Zoe as a Kindergarten Baby
I started a music band at the age of 6 with my cousin. I was a fashion advisor at 8 and at 8 ½, I rode a unicycle. I started an all-girls’ club at 9 with my classmates. I wrote a poem about poverty in a Mexican border town when I was 10. I did all this with the help of my role models – Harriet the Spy, Shirley Chisolm, and Spiderman. I wasn’t afraid of trying just to see what would happen. I was happiest when I pushed my big ideas out of my head and into the world.

But as I grew up, I buried my ideas deep inside.

I had no time or energy to make them happen because life had happened and of course, fear set in too.

At the ripe age of 45, in a heart-to-heart conversation with my daddy, it dawned on me that I was a middle-aged woman (a fact he politely confirmed.) I was in a state of shock, but even more shocked because of a morbid fact.

Considering the current life expectancy rate for women in the U.S., I realized that more than half of my life was over.

I had these brilliant ideas that I hadn’t made a reality because I:

Contemplated their value

Tip-toed around them with trepidation

Over-analyzed how to make them happen

Gave away my power

Second-guessed me into believing that they were duds

In 2012, I begged to differ with myself and stopped all of that nonsense.

I declared that the second half of my life would be different. 

I wasn’t going to let my ideas haunt me anymore. The girl in me wanted to see what happened if I made them happen.
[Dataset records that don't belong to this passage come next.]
// Entries in a row, with the sum of what they count for.
ghost use Rattle.std.specs.Prelude.{◌≡◌, ℕ, ◌+◌, ◌<◌, ◌≤◌, ◌∷◌, ◌++◌, [], length, insert, remove, slice_set, slice_index_or, IfOk, OnOk, OnErr, IsOk};
ghost use Rattle.wse_path.specs.Path.{Path, text_of};
ghost use Rattle.wse_path.specs.PathMap.{weight_of, capped};

use crate::items::{Duplicate, Items};
use crate::memory::Memory;
use crate::path::RelPath;
use std::alloc::Global;
use std::marker::Model;

/// A value that counts for something in the sum of its map.
pub trait Weighed: Drop {
    ghost weight: { Path → Self → ℕ };

    /// What a path with this value counts for.
    fn weigh(&self, path: &RelPath) -> u64
        ensures { result ≡ weight path.now self.now };
}

/// A file counts for its bytes.
impl Weighed for Items<u8> {
    ghost weight = { λ path bytes. length bytes };

    fn weigh(&self, _path: &RelPath) -> u64 {
        self.len() as u64
    }
}

/// A path with a number counts for 32 and the bytes of its text. This project's own rule.
impl Weighed for u32 {
    ghost weight = { λ path number. 32 + length (text_of path) };

    fn weigh(&self, path: &RelPath) -> u64 {
        32 + path.text_len() as u64
    }
}

/// Entries in a row.
pub struct Row<V: Weighed> {
    all: Vec<(RelPath, V)>,
    sum: u64,
}

// Written out, so that who drops one takes a single step.
impl<V: Weighed> Drop for Row<V> {
    fn drop(self) {
        let Row { all, sum: _ } = self;
        drop(all);
    }
}

impl<V: Weighed> Model for Row<V> {
    ghost use Rattle.std.specs.Prelude.{◌≡◌};
    ghost use Rattle.std.specs.Vec.{vec_capacity};
    ghost use Rattle.wse_path.specs.PathMap.{RowState, weight_of, capped};

    ghost Value = { RowState V };

    ghost view = { λ a. record { items = a.all.items; capacity = vec_capacity a.all } };

    ghost invariant = { λ a. a.sum ≡ capped (weight_of V.weight a.all.items) };
}

fn counted_anew<V: Weighed>(all: &[(RelPath, V)]) -> u64
    ensures { result ≡ capped (weight_of V.weight all.now) }
{
    let mut sum: u64 = 0;
    for entry in all {
        sum = sum.saturating_add(entry.1.weigh(&entry.0));
    }
    sum
}

/// The sum after what is gone.
fn sum_without<V: Weighed>(all: &[(RelPath, V)], sum: u64, gone: u64) -> u64
    requires { sum ≡ capped (weight_of V.weight all.now + gone) }
    ensures { result ≡ capped (weight_of V.weight all.now) }
{
    if sum < u64::MAX {
        return sum - gone;
    }
    // A sum at its end doesn't tell what is left.
    counted_anew(all)
}

impl<V: Weighed> Row<V> {
    /// A row without entries. Takes no memory.
    pub fn new(alloc: Global) -> Row<V>
        ensures { result.items ≡ [] }
    {
        Row {
            all: Vec::new(alloc),
            sum: 0,
        }
    }

    /// How many entries there are.
    pub fn len(&self) -> usize
        ensures { result ≡ length self.now.items }
    {
        self.all.len()
    }

    /// The entries as a slice.
    pub fn as_slice(&self) -> &[(RelPath, V)]
        ensures { result.now ≡ self.now.items }
    {
        &self.all
    }

    /// What the entries count for together, or 2^64-1 where that is greater.
    pub fn sum(&self) -> u64
        ensures { result ≡ capped (weight_of V.weight self.now.items) }
    {
        self.sum
    }

    /// How many entries the row holds without taking memory.
    pub fn capacity(&self) -> usize
        ensures { result ≡ self.now.capacity }
    {
        self.all.capacity()
    }

    /// Makes room for that many more entries.
    pub fn reserve(&mut self, extra: usize) -> Result<(), Memory>
        ensures same { self.new.items ≡ self.old.items }
        ensures room { OnOk result (length self.old.items + extra ≤ self.new.capacity) }
        ensures kept { self.old.capacity ≤ self.new.capacity }
    {
        self.all.reserve(extra)?;
        Ok(())
    }

    /// Puts an entry behind the others, into room that is there. Takes no memory.
    pub fn push(&mut self, path: RelPath, value: V)
        requires { length self.old.items < self.old.capacity }
        ensures items { self.new.items ≡ self.old.items ++ (path, value) ∷ [] }
        ensures capacity { self.new.capacity ≡ self.old.capacity }
    {
        let come = value.weigh(&path);
        self.all.push_reserved((path, value));
        self.sum = self.sum.saturating_add(come);
    }

    /// Takes the last entry away. Takes no memory.
    pub fn pop(&mut self) -> (RelPath, V)
        requires { 0 < length self.old.items }
        ensures items { self.old.items ≡ self.new.items ++ result ∷ [] }
        ensures capacity { self.new.capacity ≡ self.old.capacity }
    {
        let (path, value) = self.all.take_last();
        let gone = value.weigh(&path);
        self.sum = sum_without(&self.all, self.sum, gone);
        (path, value)
    }

    /// Puts an entry at a place. After Memory the row is as it was.
    pub fn insert(&mut self, at: usize, path: RelPath, value: V) -> Result<(), Memory>
        requires { at ≤ length self.old.items }
        ensures ok { OnOk result (self.new.items ≡ insert self.old.items at (path, value)) }
        ensures memory { OnErr result (self.new.items ≡ self.old.items) }
        ensures succeeds { length self.old.items < self.old.capacity → IsOk result }
        ensures kept { self.old.capacity ≤ self.new.capacity }
    {
        let come = value.weigh(&path);
        self.all.insert(at, (path, value))?;
        self.sum = self.sum.saturating_add(come);
        Ok(())
    }

    /// Puts a value in place of the one at a place. Takes no memory.
    pub fn set(&mut self, at: usize, value: V)
        requires { at < length self.old.items }
        ensures items { (d : Path × V) → self.new.items ≡ slice_set self.old.items at ((slice_index_or self.old.items at d).0, value) }
        ensures capacity { self.new.capacity ≡ self.old.capacity }
    {
        let entry = &self.all[at];
        let come = value.weigh(&entry.0);
        let gone = entry.1.weigh(&entry.0);
        self.all[at].1 = value;
        self.sum = sum_without(&self.all, self.sum.saturating_add(come), gone);
    }

    /// Takes the entry at a place away. Takes no memory.
    pub fn remove(&mut self, at: usize)
        requires { at < length self.old.items }
        ensures items { self.new.items ≡ remove self.old.items at }
        ensures capacity { self.new.capacity ≡ self.old.capacity }
    {
        let (path, value) = self.all.remove(at);
        let gone = value.weigh(&path);
        self.sum = sum_without(&self.all, self.sum, gone);
    }
}

impl<V: Weighed + Duplicate> Row<V> {
    /// Equal entries. How much room there is is the copy's own matter.
    pub fn duplicate(&self, alloc: Global) -> Result<Row<V>, Memory>
        ensures { IfOk result (λ copy. copy.items ≡ self.now.items) }
    {
        let mut all = Vec::with_capacity(alloc, self.all.len())?;
        for entry in &self.all {
            all.push((entry.0.duplicate(alloc)?, entry.1.duplicate(alloc)?))?;
        }
        Ok(Row { all, sum: self.sum })
    }
}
In this process, what I discovered was that my life became more inspired and vibrant because I decided to breathe life into my ideas.
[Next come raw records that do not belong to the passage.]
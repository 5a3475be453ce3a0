// Lines below the root `file:///w`, and the commands that they are. A row is a line, ` => `, and what is read of it.
use crate::shown::shown;
use std::alloc::{AllocError, Global};
use std::test::Fail;
use wse_json::read_command;
use wse_uri::root_of;

/// What is read of the line.
fn read(alloc: Global, line: &[u8]) -> Result<String, Fail> {
    let root = root_of(alloc, "file:///w")?;
    shown(alloc, &read_command(alloc, &root, line))
}

/// Whether the line of the row reads as the row says.
fn is_right(alloc: Global, row: &str) -> Result<bool, Fail> {
    let (line, want) = row.split_once(" => ").ok_or("a row without an arrow")?;
    Ok(read(alloc, line.as_bytes())?.as_str() == want)
}

/// The same, where the row has what stands behind `"edit":` in an edit with standard values.
fn is_right_edit(alloc: Global, row: &str) -> Result<bool, Fail> {
    let (edit, want) = row.split_once(" => ").ok_or("a row without an arrow")?;
    let line = format!(in alloc; r#"{{"do":"edit","edit":{edit}}}"#)?;
    Ok(read(alloc, line.as_bytes())?.as_str() == want)
}

fn are_right(alloc: Global, rows: &str) -> Result<bool, Fail> {
    for row in rows.lines() {
        if !is_right(alloc, row)? {
            return Ok(false);
        }
    }
    Ok(true)
}

fn are_right_edits(alloc: Global, rows: &str) -> Result<bool, Fail> {
    for row in rows.lines() {
        if !is_right_edit(alloc, row)? {
            return Ok(false);
        }
    }
    Ok(true)
}

/// Commands other than edits.
const COMMANDS: &str = r#"{"do":"leave"} => 0 leave
{"do":"leave","by":4294967295} => 4294967295 leave
{"do":"leave","by":null,"uri":7,"more":[1]} => 0 leave
{"do":"undo","uri":"file:///w/a"} => 0 undo a all
{"do":"redo","by":2,"uri":"file:///w/d/a%20b","choice":"this"} => 2 redo d/a b this
{"do":"undo","uri":"file:///w/a","choice":null} => 0 undo a all
{"do":"undo","uri":"file:///w/a","choice":"all"} => 0 undo a all
{"do":"redo","uri":"file:///w/a","choice":"cancel"} => 0 redo a cancel
{"do":"lock","uris":[]} => 0 lock
{"do":"lock","by":1,"uris":["file:///w/d/b","file:///w/a"]} => 1 lock d/b a
{"do":"unlock","by":3,"uris":["file:///w/a","file:///w/a"]} => 3 unlock a a
{"do":"outside","by":7,"uri":"file:///w/a"} => outside a absent
{"do":"outside","uri":"file:///w/a","text":null} => outside a absent
{"do":"outside","uri":"file:///w/a","text":""} => outside a ''
{"do":"outside","uri":"file:///w/a","text":"é o"} => outside a 'é o'
{"do":"forget","uri":"file:///w/a"} => forget a
{"do":"look","uri":"file:///w/a"} => look a
{"do":"look","uri":"file:///w/a","do":"forget","uri":"file:///w/b"} => forget b"#;

#[test]
fn each_command_is_read(rt: HostRuntime) -> Result<(), Fail> {
    assert!(rt; are_right(rt.alloc(), COMMANDS)?);
    Ok(())
}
As I blogged about making my ideas happen, women were inspired to make their ideas happen too.

When I delivered my workshops, women became exactly who they were created to be – more creative, confident and reassured about themselves.

When I shared my dynamic, brainstorming nature, I injected life into the ideas of others.  

I’m on a mission to spark you to make your brilliant ideas blossom!

On another note.

As a learning and development leader for more than 25 years, I’ve designed and facilitated engaging learning solutions for organizations in a range of industries. Years of constructing solutions from concepts and ideas of others have cultivated a natural bent toward ideation within me. I show others how to structure their ideas so that they can flow when putting details in place.